Task details: Search the material for "than" and show all lines that contain it.
- - - -
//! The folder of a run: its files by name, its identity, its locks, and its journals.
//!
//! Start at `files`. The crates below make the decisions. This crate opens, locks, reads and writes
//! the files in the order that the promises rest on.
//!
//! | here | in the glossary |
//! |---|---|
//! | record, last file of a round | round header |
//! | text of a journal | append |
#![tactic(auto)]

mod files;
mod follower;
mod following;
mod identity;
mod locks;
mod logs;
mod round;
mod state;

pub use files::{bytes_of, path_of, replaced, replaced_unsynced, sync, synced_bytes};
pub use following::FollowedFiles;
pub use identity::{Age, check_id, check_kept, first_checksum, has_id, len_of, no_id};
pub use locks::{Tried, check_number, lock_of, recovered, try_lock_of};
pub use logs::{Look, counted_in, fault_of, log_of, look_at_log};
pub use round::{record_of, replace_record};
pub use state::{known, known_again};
- - - -
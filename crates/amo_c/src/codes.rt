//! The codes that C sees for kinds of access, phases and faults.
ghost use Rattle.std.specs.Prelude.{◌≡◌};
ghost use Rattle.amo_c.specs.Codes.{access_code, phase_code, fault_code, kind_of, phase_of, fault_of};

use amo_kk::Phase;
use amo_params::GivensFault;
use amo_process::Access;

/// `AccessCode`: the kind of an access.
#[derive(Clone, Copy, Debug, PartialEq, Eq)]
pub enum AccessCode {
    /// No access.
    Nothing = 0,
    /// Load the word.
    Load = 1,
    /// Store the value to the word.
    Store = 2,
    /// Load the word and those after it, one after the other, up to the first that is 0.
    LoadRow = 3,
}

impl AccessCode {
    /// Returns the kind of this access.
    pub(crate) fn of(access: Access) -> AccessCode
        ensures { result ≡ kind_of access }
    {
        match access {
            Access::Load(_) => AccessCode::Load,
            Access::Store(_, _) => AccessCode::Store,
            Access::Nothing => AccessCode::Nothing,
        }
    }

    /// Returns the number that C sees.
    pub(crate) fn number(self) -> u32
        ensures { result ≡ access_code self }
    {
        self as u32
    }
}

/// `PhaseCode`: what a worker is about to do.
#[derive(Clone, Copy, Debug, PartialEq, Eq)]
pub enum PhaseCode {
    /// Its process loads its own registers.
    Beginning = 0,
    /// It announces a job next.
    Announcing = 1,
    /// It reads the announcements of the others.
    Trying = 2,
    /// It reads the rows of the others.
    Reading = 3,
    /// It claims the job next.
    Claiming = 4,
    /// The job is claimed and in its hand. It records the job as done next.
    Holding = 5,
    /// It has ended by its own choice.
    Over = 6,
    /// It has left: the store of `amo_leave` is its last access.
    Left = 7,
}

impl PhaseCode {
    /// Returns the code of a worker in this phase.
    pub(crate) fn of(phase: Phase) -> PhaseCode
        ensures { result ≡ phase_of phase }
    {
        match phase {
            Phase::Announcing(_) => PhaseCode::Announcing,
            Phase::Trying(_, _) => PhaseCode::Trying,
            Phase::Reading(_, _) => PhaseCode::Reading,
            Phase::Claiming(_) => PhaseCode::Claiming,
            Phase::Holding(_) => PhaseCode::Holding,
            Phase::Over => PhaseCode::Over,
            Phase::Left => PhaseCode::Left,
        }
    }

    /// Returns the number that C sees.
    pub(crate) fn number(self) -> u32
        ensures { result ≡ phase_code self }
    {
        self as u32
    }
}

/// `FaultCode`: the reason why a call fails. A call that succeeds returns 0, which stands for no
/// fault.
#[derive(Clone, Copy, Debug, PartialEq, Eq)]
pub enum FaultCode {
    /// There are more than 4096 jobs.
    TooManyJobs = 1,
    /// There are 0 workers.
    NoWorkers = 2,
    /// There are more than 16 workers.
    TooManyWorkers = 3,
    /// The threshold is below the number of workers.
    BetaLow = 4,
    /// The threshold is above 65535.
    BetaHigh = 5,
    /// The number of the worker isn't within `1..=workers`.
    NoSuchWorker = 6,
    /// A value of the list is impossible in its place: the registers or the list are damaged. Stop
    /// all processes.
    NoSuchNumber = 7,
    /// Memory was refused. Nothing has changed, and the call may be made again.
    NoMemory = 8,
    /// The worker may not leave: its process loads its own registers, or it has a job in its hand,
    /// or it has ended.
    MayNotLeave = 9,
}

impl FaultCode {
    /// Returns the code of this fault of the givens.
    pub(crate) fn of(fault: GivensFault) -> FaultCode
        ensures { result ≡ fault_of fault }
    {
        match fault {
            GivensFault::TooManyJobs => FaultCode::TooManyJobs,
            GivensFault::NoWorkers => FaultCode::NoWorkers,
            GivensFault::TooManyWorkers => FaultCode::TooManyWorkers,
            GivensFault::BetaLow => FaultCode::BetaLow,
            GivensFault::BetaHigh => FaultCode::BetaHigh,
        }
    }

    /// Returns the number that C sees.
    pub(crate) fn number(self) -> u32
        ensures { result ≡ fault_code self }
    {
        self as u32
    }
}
- - - -
Task answer:
    /// There are more than 4096 jobs.
    /// There are more than 16 workers.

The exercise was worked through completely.